Friday, October 19, 2007

Children of Men

I actually sat still long enough tonight to get through a movie: Children of Men. Gotta say, it wasn’t an easy view. The plot goes a little something like this: It’s 2027 in Britain and women worldwide have been infertile for almost 20 years. Some nebulously unspecified holocaust has racked the rest of the world and the U.K. is the only bastion of ‘civilization’ left. Because of this foreigners and immigrants are declared illegal. With no children society is coming unglued because The End is in sight. Sort of like On the Beach with the end of humanity happening in slow motion.
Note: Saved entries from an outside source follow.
//! Reading events at positions of a file.

ghost use Rattle.std.specs.Prelude.{◌≡◌, ◌≤◌, ◌+◌, length, drop, IfSome, option_map};
ghost use Rattle.blog_event.specs.Event.{event_of, event_at, event_size};
ghost use Rattle.blog_event.specs.code.Reading.{header_of};

use crate::event::{Event, Header};
use byteorder::{ByteOrder, LittleEndian};

/// The size of a header in bytes.
pub const HEADER_LEN: usize = 19;

/// The header in the first 19 bytes (MySQL Internals manual, "Binary Log Event Header").
#[tactic(auto, using(std::proofs::lemmas::Slice::between_to_end), unfolding(crate::specs::code::Reading::header_of))]
fn header_at(bytes: &[u8]) -> Header
    requires { 19 ≤ length bytes.now }
    ensures { result ≡ header_of bytes.now }
{
    Header {
        timestamp: LittleEndian::read_u32(bytes),
        kind: bytes[4],
        server_id: LittleEndian::read_u32(&bytes[5..]),
        size: LittleEndian::read_u32(&bytes[9..]),
        log_pos: LittleEndian::read_u32(&bytes[13..]),
        flags: LittleEndian::read_u16(&bytes[17..]),
    }
}

/// The event whose header begins at the byte position `at` of a file, if one stands there: a header of 19 bytes
/// whose size is at least 19 and doesn't reach past the file's end.
#[tactic(auto, unfolding(crate::specs::Event::event_at, crate::specs::code::Reading::header_of))]
pub fn event_at(bytes: &[u8], at: u32) -> Option<Event<'_>>
    ensures event { option_map event_of result ≡ event_at (drop at bytes.now) }
    ensures pos { IfSome result (λ e. e.pos ≡ at) }
    ensures size { IfSome result (λ e. e.header.size ≡ event_size (event_of e)) }
    ensures within { IfSome result (λ e. at + e.header.size ≤ length bytes.now) }
{
    let rest = bytes.get(at as usize..)?;
    if rest.len() < HEADER_LEN {
        return None;
    }
    let header = header_at(rest);
    let size = header.size as usize;
    if size < HEADER_LEN || size > rest.len() {
        return None;
    }
    Some(Event {
        pos: at,
        header,
        body: &rest[HEADER_LEN..size],
    })
}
There’s a bit more to it, but I don’t want to blab too much for those that haven’t seen it. With the concepts the movie is based on it would have been exceeding easy for it to devolve into a world class downer or a “message movie”. While it was a bit depressing it was also pretty compelling. Overly active minds will probably extract cautionary tales from every angle of the film. Case in point; go to YouTube and type Children of Men into the search bar. Look at a few of the comments below each clip. Lazy thinkers love their dystopia wrapped neatly and presented to them whole. The work is science fiction.

The First World has had a fixation with dystopian futures for a few generations now. Thus far nearly all of it hasn’t panned out. People’s Exhibit A: Paul Ehrlich. Another aspect of this first world dystopia fetish; it’s always just around the corner. People’s Exhibit B: Mega Disasters on the History Channel. Not that this particular series is unique. Nearly all the science documentaries produced in this country have some sort of tie in to potential future calamity. The entire genre seems to have enlarged considerably over the past decade or so. You have to be a certain level of rich to allow dystopian fiction into your entertainment repertoire. Maybe this is where our guilt lives when we remove god from the equation. (Those that know me will know that was not an evangelical statement.) Sounds like somebody’s thesis waiting to be written.

From an academic standpoint it’s an excellent movie. It’s so cleanly filmed that at times it felt like a Stanley Kubrick production. The ugliness was beautifully shot, if that makes any sense. The violence is presented to look unchoreographed. Violence that is scripted and presented to look clean ends up making it more palatable, which it shouldn’t be. As I said, it’s a tough film to view but strangely compelling. Probably worth watching, just not before bed.

Ares

1 comment:

myloach said...

I watched parts of it, under duress. I hated what I saw. But we all know I am pretty much anti movie. Plus, I dislike giving my mind for someone else to polute. I can do it on my own, thank you.